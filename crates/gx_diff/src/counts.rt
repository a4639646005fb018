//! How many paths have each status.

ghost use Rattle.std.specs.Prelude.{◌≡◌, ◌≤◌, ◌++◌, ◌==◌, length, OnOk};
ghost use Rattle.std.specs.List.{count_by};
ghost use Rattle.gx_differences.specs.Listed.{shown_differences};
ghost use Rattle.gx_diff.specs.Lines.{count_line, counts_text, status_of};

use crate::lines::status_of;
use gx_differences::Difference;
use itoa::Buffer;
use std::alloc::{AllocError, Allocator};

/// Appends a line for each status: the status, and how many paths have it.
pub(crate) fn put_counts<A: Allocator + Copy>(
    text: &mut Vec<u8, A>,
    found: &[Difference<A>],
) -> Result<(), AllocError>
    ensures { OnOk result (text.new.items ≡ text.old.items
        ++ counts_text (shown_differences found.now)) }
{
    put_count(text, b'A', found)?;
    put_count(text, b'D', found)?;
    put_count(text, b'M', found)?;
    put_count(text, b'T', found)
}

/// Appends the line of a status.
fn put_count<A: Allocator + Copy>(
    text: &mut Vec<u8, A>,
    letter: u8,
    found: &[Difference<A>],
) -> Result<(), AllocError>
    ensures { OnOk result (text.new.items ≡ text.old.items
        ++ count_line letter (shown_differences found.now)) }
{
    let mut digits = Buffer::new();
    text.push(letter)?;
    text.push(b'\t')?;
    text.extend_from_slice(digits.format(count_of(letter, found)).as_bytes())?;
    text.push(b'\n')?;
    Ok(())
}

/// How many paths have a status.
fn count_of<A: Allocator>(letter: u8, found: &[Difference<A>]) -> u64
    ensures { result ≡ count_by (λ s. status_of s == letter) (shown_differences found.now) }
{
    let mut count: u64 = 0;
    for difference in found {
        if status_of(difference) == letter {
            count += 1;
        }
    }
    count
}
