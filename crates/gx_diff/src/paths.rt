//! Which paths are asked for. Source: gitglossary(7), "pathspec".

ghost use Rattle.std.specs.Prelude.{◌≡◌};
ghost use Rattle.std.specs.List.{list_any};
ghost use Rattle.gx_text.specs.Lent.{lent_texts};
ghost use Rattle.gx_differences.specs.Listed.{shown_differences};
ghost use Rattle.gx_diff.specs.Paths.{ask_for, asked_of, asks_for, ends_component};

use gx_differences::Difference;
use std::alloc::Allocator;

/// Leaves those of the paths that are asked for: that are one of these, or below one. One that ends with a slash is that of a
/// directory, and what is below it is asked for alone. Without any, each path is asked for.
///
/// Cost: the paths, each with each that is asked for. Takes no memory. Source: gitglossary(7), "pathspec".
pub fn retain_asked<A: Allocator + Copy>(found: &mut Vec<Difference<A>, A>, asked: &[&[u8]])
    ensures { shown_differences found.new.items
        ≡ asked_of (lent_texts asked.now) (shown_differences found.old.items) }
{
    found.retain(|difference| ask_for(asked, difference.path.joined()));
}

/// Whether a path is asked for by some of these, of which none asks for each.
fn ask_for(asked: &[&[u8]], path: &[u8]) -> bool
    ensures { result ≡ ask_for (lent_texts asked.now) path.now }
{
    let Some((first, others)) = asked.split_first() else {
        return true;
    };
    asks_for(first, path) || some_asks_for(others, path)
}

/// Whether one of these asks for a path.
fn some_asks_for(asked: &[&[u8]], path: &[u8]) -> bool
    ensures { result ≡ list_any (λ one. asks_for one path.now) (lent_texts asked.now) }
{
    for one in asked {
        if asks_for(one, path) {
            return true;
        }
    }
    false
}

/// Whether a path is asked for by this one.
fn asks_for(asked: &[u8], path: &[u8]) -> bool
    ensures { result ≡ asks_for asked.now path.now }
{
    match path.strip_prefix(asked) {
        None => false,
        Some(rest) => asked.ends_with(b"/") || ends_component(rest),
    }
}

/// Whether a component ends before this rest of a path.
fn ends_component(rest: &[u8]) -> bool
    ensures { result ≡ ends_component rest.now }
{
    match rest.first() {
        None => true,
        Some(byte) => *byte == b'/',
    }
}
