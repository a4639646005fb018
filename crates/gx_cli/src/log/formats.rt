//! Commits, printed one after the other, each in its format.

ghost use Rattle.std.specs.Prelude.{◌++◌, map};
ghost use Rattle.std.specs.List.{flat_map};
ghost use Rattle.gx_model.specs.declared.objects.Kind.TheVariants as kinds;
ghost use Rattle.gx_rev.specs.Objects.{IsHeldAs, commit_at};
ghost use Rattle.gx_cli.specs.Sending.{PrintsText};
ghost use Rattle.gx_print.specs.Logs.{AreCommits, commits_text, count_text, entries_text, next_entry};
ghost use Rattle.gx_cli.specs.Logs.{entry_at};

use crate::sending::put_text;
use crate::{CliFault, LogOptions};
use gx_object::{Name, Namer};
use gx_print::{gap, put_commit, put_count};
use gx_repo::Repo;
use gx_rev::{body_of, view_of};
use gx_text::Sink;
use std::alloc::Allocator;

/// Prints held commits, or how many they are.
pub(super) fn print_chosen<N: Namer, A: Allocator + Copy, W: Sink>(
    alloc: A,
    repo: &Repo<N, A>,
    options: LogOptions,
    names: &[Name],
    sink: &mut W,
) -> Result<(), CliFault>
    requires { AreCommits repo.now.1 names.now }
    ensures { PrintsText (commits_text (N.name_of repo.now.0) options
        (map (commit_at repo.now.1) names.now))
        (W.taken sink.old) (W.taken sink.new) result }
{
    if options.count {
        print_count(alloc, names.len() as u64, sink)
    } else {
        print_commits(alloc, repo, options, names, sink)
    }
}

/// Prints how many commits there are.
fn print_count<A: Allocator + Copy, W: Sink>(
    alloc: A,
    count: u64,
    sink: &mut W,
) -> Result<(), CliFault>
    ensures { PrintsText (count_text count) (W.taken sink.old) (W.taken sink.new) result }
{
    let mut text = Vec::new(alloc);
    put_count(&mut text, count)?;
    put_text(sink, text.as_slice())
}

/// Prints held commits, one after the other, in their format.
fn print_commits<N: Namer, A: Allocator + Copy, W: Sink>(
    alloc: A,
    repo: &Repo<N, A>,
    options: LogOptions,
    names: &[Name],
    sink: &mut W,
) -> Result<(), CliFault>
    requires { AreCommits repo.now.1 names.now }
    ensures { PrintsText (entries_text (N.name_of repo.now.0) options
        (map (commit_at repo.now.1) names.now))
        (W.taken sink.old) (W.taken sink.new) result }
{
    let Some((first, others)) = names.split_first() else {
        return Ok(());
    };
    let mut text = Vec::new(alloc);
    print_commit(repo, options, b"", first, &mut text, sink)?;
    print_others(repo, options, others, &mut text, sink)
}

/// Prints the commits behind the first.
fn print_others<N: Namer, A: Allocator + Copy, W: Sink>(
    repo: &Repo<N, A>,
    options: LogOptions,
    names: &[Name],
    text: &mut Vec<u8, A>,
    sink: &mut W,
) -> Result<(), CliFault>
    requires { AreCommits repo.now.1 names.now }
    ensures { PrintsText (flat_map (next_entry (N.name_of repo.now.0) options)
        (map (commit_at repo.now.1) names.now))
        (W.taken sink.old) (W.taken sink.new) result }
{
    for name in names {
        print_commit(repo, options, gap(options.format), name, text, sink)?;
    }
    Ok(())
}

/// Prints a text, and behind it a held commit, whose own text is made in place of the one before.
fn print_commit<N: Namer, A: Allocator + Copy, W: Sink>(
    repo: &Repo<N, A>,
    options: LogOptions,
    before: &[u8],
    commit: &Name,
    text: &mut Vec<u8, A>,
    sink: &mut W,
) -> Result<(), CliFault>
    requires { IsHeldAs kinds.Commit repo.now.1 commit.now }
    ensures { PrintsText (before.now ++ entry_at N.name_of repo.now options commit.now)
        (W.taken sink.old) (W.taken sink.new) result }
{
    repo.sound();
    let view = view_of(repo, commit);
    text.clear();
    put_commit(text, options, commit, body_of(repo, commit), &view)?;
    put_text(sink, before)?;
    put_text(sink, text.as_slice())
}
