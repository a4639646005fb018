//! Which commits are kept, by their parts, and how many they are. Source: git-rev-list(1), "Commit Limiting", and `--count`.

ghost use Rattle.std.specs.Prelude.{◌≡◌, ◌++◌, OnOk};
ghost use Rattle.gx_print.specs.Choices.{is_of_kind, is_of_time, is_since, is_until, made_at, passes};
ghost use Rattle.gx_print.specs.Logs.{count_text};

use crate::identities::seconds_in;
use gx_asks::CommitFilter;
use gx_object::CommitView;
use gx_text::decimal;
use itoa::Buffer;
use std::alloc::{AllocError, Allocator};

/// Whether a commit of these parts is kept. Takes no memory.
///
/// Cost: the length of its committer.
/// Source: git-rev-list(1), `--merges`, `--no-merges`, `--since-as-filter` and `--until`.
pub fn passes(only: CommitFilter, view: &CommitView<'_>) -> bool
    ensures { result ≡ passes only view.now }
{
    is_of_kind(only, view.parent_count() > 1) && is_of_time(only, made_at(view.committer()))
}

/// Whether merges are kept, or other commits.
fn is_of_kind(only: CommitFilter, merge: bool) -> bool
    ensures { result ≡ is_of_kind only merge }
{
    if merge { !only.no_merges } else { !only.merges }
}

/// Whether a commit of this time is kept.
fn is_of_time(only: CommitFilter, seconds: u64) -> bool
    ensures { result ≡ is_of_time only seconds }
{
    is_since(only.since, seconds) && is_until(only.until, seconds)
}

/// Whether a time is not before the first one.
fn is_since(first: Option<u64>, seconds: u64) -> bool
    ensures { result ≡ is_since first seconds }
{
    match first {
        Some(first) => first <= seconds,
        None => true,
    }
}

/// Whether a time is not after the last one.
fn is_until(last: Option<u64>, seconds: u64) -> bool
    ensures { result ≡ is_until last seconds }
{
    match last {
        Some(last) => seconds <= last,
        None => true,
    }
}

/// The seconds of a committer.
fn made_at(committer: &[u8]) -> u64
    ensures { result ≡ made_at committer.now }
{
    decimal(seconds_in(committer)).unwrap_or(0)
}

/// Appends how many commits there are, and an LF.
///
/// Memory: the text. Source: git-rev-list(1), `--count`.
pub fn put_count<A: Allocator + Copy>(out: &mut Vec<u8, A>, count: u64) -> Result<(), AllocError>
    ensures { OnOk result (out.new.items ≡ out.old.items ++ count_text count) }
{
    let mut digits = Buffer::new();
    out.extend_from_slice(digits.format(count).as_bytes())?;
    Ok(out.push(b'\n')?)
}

**Problem details**
Go line by line through the material above and return each one that includes "Takes".

**Solution to this exercise**
/// Cost: the paths, each with each that is asked for. Takes no memory. Source: gitglossary(7), "pathspec".
/// Whether a commit of these parts is kept. Takes no memory.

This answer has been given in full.